Initial Exchange Offering (“IEO”)/
Initial Token Offering
A fundraising event where a crypto start-up raises money through a
cryptocurrency exchange. An IEO is a type of Initial Token
Offering where a company or project electronically issues utility
tokens to procure funds, with a cryptocurrency exchange acting as
the main party for screening the project and selling the issuer
tokens. Interested supporters can buy tokens with fiat currency or
cryptocurrency. The token may be exchangeable in the future for a
new cryptocurrency to be launched by the project, or a discount or
early rights to a product or service proposed to be offered by the
project.
Japan Virtual and Crypto assets
Exchange Association (the “JVCEA”)
The JVCEA is a self-regulatory organization for the Japanese
cryptocurrency industry under the Payment Services Act, which is
formally recognized by the Financial Services Agency of Japan (the
“JFSA”). The JVCEA was established in 2018 after a hacking
incident of NEM digital tokens occurred with an operational focus
on the inspection of the security of domestic exchanges and the
enforcement of stricter regulations. The members of the JVCEA
consist of the 32 licensed class 1 Japanese virtual currency
exchange service providers as of April 15, 2025.
M1 GK
M1 Co G.K., a Japanese limited liability company (godo kaisha)

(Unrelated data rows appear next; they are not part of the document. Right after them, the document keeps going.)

//! What an analysis tells of nodes.

ghost use Rattle.std.specs.Prelude.{◌≡◌};
ghost use Rattle.semantic_model.specs.Analysis.{symbol_at, tied_at};
ghost use Rattle.renamer.specs.Told.{told_by};

use scoping::{NodeTables, Scoping};
use semantic_syntax::{NodeId, SymbolId};

/// The tables of a program, and what belongs to its nodes.
#[derive(Clone, Copy)]
pub struct Analysed<'a> {
    pub scoping: &'a Scoping,
    pub tables: &'a NodeTables,
}

impl Analysed<'_> {
    /// The symbol that the node declares, if any.
    pub fn symbol_at(&self, node: NodeId) -> Option<SymbolId>
        ensures { result ≡ symbol_at (told_by self.now) node }
    {
        semantic::node_symbols::symbol_at(self.tables, node)
    }

    /// The symbol to which the node is tied, if any.
    pub fn tied_at(&self, node: NodeId) -> Option<SymbolId>
        ensures { result ≡ tied_at (told_by self.now) node }
    {
        semantic::node_symbols::tied_at(self.scoping, self.tables, node)
    }
}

that was a direct, wholly owned subsidiary of Coincheck Parent and
the sole shareholder of Coincheck, which was merged into
Coincheck on June 20, 2025, resulting in Coincheck Parent
becoming the sole shareholder of Coincheck.
Marketplace platform
Coincheck’s main platform offering that supports, as of March 31,
2025, 30 different cryptocurrencies, and is used primarily by retail
customers to buy and sell the supported cryptocurrencies.
miner
Individuals or entities who operate a computer or group of
computers that add new transactions to blocks and verify blocks
created by other miners. Miners collect transaction fees and are
rewarded with new tokens for their service.
mining
The process by which new blocks are created, and thus new
transactions are added to the blockchain.
Monex
Monex Group, Inc., a Japanese joint stock company (kabushiki
kaisha) listed on the Tokyo Stock Exchange.
Nasdaq
Nasdaq Global Market.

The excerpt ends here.